Transcribe the listing word for word. Begin at its first line and end with the line containing "its first byte.".

[Task data Boundary: Start]

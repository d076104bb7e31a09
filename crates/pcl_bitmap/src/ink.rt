//! The two inks.

/// What a mark leaves on the dots that it covers.
#[derive(Clone, Copy, Debug, PartialEq, Eq)]
pub enum Ink {
    Black,
    White,
}
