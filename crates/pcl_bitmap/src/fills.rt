//! Runs of bits and rectangles of dots of one ink. Bit 0 of a list is the highest bit of its first byte.

ghost use Rattle.std.specs.Prelude.{◌≡◌, ℕ, ◌+◌, ◌*◌, ◌/◌, ◌^◌, ◌<◌, ◌≤◌, if◌then◌else◌, length, All};
ghost use Rattle.pcl_bitmap.specs.Bitmap.{bit_of_byte, dot_of_row};
ghost use Rattle.pcl_bitmap.specs.Dots.{is_black_ink, rectangle_dot, in_run};

use crate::Ink;
use crate::area::Area;
use crate::bits::leading_ones;

// A byte of eight dots of one ink.
fn eight_dots(ink: Ink) -> u8
    ensures { (k : ℕ) → k < 8 → bit_of_byte result k ≡ is_black_ink ink }
{
    match ink {
        Ink::Black => 0xFF,
        Ink::White => 0,
    }
}

// The byte with the ink on its bits from `from` up to `end`.
fn ink_byte(byte: u8, from: usize, end: usize, ink: Ink) -> u8
    ensures { (k : ℕ) → k < 8 → bit_of_byte result k ≡ (if in_run from end k then is_black_ink ink else bit_of_byte byte k) }
{
    let mask = leading_ones(end) & !leading_ones(from);
    match ink {
        Ink::Black => byte | mask,
        Ink::White => byte & !mask,
    }
}

// Inks the bits of `target` from `from` up to `end`, all in one byte.
fn fill_in_byte(target: &mut [u8], from: usize, end: usize, ink: Ink)
    requires one_byte { end ≤ 8 * (from / 8) + 8 }
    requires room { end ≤ 8 * length target.old }
    ensures { (k : ℕ) → dot_of_row target.new k ≡ (if in_run from end k then is_black_ink ink else dot_of_row target.old k) }
{
    let i = from / 8;
    if from < end {
        target[i] = ink_byte(target[i], from - 8 * i, end - 8 * i, ink);
    }
}

// Inks the bytes of `target` from byte `first` up to byte `last`.
fn fill_bytes(target: &mut [u8], first: usize, last: usize, ink: Ink)
    requires order { first ≤ last }
    requires room { last ≤ length target.old }
    ensures { (k : ℕ) → dot_of_row target.new k
        ≡ (if in_run (8 * first) (8 * last) k then is_black_ink ink else dot_of_row target.old k) }
{
    target[first..last].fill(eight_dots(ink));
}

/// Inks the bits of `target` from bit `from` up to bit `end`: whole bytes at once, the first and the
/// last by a mask.
pub fn fill_bits(target: &mut [u8], from: usize, end: usize, ink: Ink)
    requires order { from ≤ end }
    requires room { end ≤ 8 * length target.old }
    requires small { length target.old < 2 ^ 32 }
    ensures bits { (k : ℕ) → dot_of_row target.new k ≡ (if in_run from end k then is_black_ink ink else dot_of_row target.old k) }
    ensures in_bytes { All (λ byte. byte < 256) target.new }
{
    let head = end.min(8 * from.div_ceil(8));
    let tail = head.max(8 * (end / 8));
    fill_in_byte(target, from, head, ink);
    fill_bytes(target, head / 8, tail / 8, ink);
    fill_in_byte(target, tail, end, ink);
}

/// Inks an area of a page that has `row_bytes` bytes a row.
pub fn fill_rows(page: &mut [u8], row_bytes: usize, area: Area, ink: Ink)
    requires wide { area.x + area.width ≤ 8 * row_bytes }
    requires high { (area.y + area.height) * row_bytes ≤ length page.old }
    requires small { length page.old < 2 ^ 32 }
    requires rows { area.y + area.height < 2 ^ 32 }
    ensures dots { (px py : ℕ) → px < 8 * row_bytes → dot_of_row page.new (8 * (py * row_bytes) + px)
        ≡ (if rectangle_dot area.x area.y area.width area.height px py then is_black_ink ink
        else dot_of_row page.old (8 * (py * row_bytes) + px)) }
    ensures in_bytes { All (λ byte. byte < 256) page.new }
{
    for row in area.y..area.y + area.height {
        let start = 8 * (row * row_bytes) + area.x;
        fill_bits(page, start, start + area.width, ink);
    }
}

[Task data Boundary: End]

**Response**
repository d076104bb7e31a09
filename crates/pcl_bitmap/src/ink.rt
//! The two inks.

/// What a mark leaves on the dots that it covers.
#[derive(Clone, Copy, Debug, PartialEq, Eq)]
pub enum Ink {
    Black,
    White,
}
filename crates/pcl_bitmap/src/fills.rt
//! Runs of bits and rectangles of dots of one ink. Bit 0 of a list is the highest bit of its first byte.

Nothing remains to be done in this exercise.